Me pongo a ordenar los cajones porque está feo que una madre se acueste simplemente porque está un poco enclenque. Así que me tomo un paracetamol e intento seguirle el ritmo al romancero de la perfecta cuñada, que es en lo que me estoy convirtiendo, no sin darme cuenta, que sí que me doy, pero es que es algo que no lo puedo frenar. 
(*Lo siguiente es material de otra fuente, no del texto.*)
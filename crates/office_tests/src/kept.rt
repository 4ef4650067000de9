use off_base::{Ip4, Mac, Moment, NoMemory, Setting, Settings};
use off_defs::{Hold, Key, Lease, Row, SharedSettings, Write, Writes};
use off_keepmem::MemKeeper;
use off_outside::{Calls, KeepErr, Keeper};
use std::alloc::Global;
use std::process::Abort;
use std::test::Fail;

const MODEM: Mac = Mac([0x02, 0xaa, 0xbb, 0xcc, 0xdd, 0xee]);

const LEASED: Key = Key::Lease(Ip4(0x0a40_000a));

const HELD: Key = Key::Held(MODEM);

const ADD_ON: Key = Key::AddOn(7, 0);

fn lease(expiry: u64) -> Row {
    Row::Lease(Lease {
        hold: Hold::Bound(MODEM),
        expiry: Moment(expiry),
    })
}

// A lease alone, and then another one in its place, what the modem holds, and an add-on.
fn first_writes(alloc: Global) -> Result<Writes, NoMemory> {
    let mut writes = Writes::new(alloc);
    writes.push(Write::Put(LEASED, lease(1)))?;
    Ok(writes)
}

fn next_writes(alloc: Global) -> Result<Writes, NoMemory> {
    let mut parts = Settings::new(alloc);
    let mut value = off_base::Bytes::new(alloc);
    value.push_all(&[0, 1])?;
    parts.push(Setting::Leaf { code: 1, value })?;
    let mut settings = Settings::new(alloc);
    settings.push(Setting::Group { code: 24, parts })?;
    let mut writes = Writes::new(alloc);
    writes.push(Write::Put(HELD, Row::Held(Ip4(0x0a40_000a))))?;
    writes.push(Write::Put(LEASED, lease(2)))?;
    writes.push(Write::Drop(Key::Hub(0)))?;
    let settings = SharedSettings::new(alloc, settings)?;
    writes.push(Write::Put(ADD_ON, Row::AddOn(settings)))?;
    Ok(writes)
}

// The moment at which the lease expires, and whether the other two rows are there. Where memory
// lacks for the reading there's no answer.
fn seen(alloc: Global, keeper: &mut MemKeeper) -> Result<(u64, bool, bool), KeepErr> {
    let expiry = match keeper.get(alloc, &LEASED)? {
        Some(Row::Lease(lease)) => lease.expiry.0,
        _ => 0,
    };
    let held = keeper.get(alloc, &HELD)?.is_some();
    let add_on = keeper.get(alloc, &ADD_ON)?.is_some();
    Ok((expiry, held, add_on))
}

// A keeper after the first writes, where memory suffices.
fn started(alloc: Global) -> Option<MemKeeper> {
    let mut keeper = MemKeeper::new(alloc, Calls::new(alloc));
    let first = first_writes(alloc).ok()?;
    keeper.commit(alloc, &first).ok()?;
    Some(keeper)
}

// With ample memory the commit is done. `rt try --test --fail-alloc N` has the Nth growth refused:
// then it's done, or all is as before.
#[test]
fn a_commit_is_done_or_nothing_is(rt: HostRuntime) -> Result<(), Fail> {
    let alloc = rt.alloc();
    let Some(mut keeper) = started(alloc) else {
        return Ok(());
    };
    let Ok(next) = next_writes(alloc) else {
        return Ok(());
    };
    let expected = match keeper.commit(alloc, &next) {
        Ok(()) => (2, true, true),
        Err(_refused) => (1, false, false),
    };
    match seen(alloc, &mut keeper) {
        Ok(rows) => assert_eq!(rt; rows, expected),
        Err(_refused) => {}
    }
    Ok(())
}
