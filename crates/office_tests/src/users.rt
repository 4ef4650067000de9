//! Who uses what, by random writes: behind each commit the counts are those of the rows, looked up
//! one by one.

use off_base::{Ip4, Mac, NoMemory, Short};
use off_defs::{Key, Modem, Row, Write, Writes};
use off_keepmem::MemKeeper;
use off_outside::{Calls, KeepErr, Keeper};
use off_users::Users;
use std::alloc::Global;
use std::test::Fail;

// How many modems name each of four subscribers and of four classes.
type Uses = ([u64; 4], [u64; 4]);

// The next of numbers that look random (Knuth's MMIX).
fn next_seed(seed: u64) -> u64 {
    seed.wrapping_mul(6_364_136_223_846_793_005)
        .wrapping_add(1_442_695_040_888_963_407)
}

// A modem with one of the subscribers and one of the classes.
fn modem_row(seed: u64) -> Row {
    let Ok(serial) = Short::read(b"SN01") else {
        unreachable!()
    };
    Row::Modem(Modem {
        subscriber: ((seed >> 33) % 4) as u32,
        class: ((seed >> 45) % 4) as u32,
        serial,
    })
}

// A write of one of twelve modems: it's put, removed, or gets or loses its address, which changes
// no count; or its key gets a row of another kind.
fn random_write(seed: u64) -> Write {
    let modem = Mac([2, 0, 0, 0, 0, ((seed >> 20) % 12) as u8]);
    match (seed >> 58) % 8 {
        0 | 1 => Write::Drop(Key::Modem(modem)),
        2 => Write::Put(Key::Held(modem), Row::Held(Ip4(1))),
        3 => Write::Drop(Key::Held(modem)),
        4 => Write::Put(Key::Modem(modem), Row::Held(Ip4(1))),
        _ => Write::Put(Key::Modem(modem), modem_row(seed)),
    }
}

// Five writes, which may be of one modem.
fn random_writes(alloc: Global, seed: u64) -> Result<Writes, NoMemory> {
    let mut writes = Writes::new(alloc);
    let mut seed = seed;
    for _write in 0..5 {
        seed = next_seed(seed);
        writes.push(random_write(seed))?;
    }
    Ok(writes)
}

// The numbers of the subscriber and the class that a modem's row names.
fn named_by(row: &Option<Row>) -> Option<(u32, u32)> {
    let Some(held) = row else { return None };
    match held {
        Row::Modem(modem) => Some((modem.subscriber, modem.class)),
        _ => None,
    }
}

// The counts by the modems' rows, one by one.
fn walked(alloc: Global, keeper: &mut MemKeeper) -> Result<Uses, KeepErr> {
    let mut uses = ([0; 4], [0; 4]);
    for last in 0..12_u8 {
        let key = Key::Modem(Mac([2, 0, 0, 0, 0, last]));
        let row = keeper.get(alloc, &key)?;
        if let Some((subscriber, class)) = named_by(&row) {
            count(&mut uses.0, subscriber);
            count(&mut uses.1, class);
        }
    }
    Ok(uses)
}

fn count(counts: &mut [u64; 4], number: u32) {
    if number < 4 {
        let place = number as usize;
        counts[place] = counts[place].wrapping_add(1);
    }
}

// The counts that are kept.
fn kept(users: &Users) -> Uses {
    (
        [
            users.modems_of_subscriber(0),
            users.modems_of_subscriber(1),
            users.modems_of_subscriber(2),
            users.modems_of_subscriber(3),
        ],
        [
            users.modems_of_class(0),
            users.modems_of_class(1),
            users.modems_of_class(2),
            users.modems_of_class(3),
        ],
    )
}

// How many of so many commits the counts don't agree behind, and the greatest count that was seen.
fn disagreeing(alloc: Global, commits: u32) -> Result<(u32, u64), KeepErr> {
    let mut keeper = MemKeeper::new(alloc, Calls::new(alloc));
    let mut users = Users::new(alloc);
    let mut seed = 1;
    let mut wrong: u32 = 0;
    let mut greatest = 0;
    for _commit in 0..commits {
        seed = next_seed(seed);
        let writes = random_writes(alloc, seed)?;
        users.ready(&writes)?;
        keeper.commit(alloc, &writes)?;
        users.apply(&writes);
        if kept(&users) != walked(alloc, &mut keeper)? {
            wrong = wrong.wrapping_add(1);
        }
        greatest = greatest.max(users.modems_of_subscriber(1));
    }
    Ok((wrong, greatest))
}

#[test]
fn kept_counts_are_those_of_the_rows(rt: HostRuntime) -> Result<(), Fail> {
    let alloc = rt.alloc();
    let (wrong, greatest) = disagreeing(alloc, 200)?;
    assert_eq!(rt; wrong, 0);
    assert!(rt; 2 < greatest);
    Ok(())
}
Yo no sé por qué, cada mañana me levanto como si tuviera que echarle una carrerita al día. En cuanto que suena el despertador, salta en mí un resorte que me habrá salido nuevo, porque antes no lo tenía, y comienzo a dar volteretas por el piso poniendo orden, guardando, doblando, haciendo y deshaciendo todo lo que hay que hacer y deshacer. Como mi amiga Ana López lo explica, la verdad es que no lo ha sabido explicar nadie. Para ahorrar tiempo, hago varias cosas a la vez. Dicen que las mujeres sabemos hacer eso a la perfección, sin embargo…cuando una se levanta a las siete y media a.m. después de haberse despertado una vez porque el niño quería pipí, otra porque estaba soñando, otra porque quería agua y otra porque el adorado esposo respira una jartá de fuerte…una va perdiendo facultades. El otro día, sin ir más lejos, comencé la faena con la luz apagada, para no despertar al niño y que me dejase por lo menos tomarme el café. En el cuarto de baño tengo puesta una mesita con un paquete de toallitas de aloe vera que sirven para todo y otro paquete de gamuzas desinfectantes para limpiar lo del baño. Como estaba tan oscuro y yo tenía tanta prisa por comenzar la competición matutina, terminé por hidratar el mueble que se encuentra frente al inodoro y desinfectarme mis partes. Con lo cual, di un salto que ni la Paulova en sus buenos tiempos y del tirón me metí en la ducha a enjuagarme todo lo que pudiera, pero como todavía no me había dado tiempo a encender el termo, el agua salió más fría que un témpano, así que me despabilé y me quité yo misma la astenia sin necesidad de tomarme ni ginseng ni nada. Barato me salió, desde luego. Lo que pasa es que, afortunadamente, a una no le ocurren estas cosas todos los días. Y hay veces en que la flojera se te mete en el cuerpo de una manera…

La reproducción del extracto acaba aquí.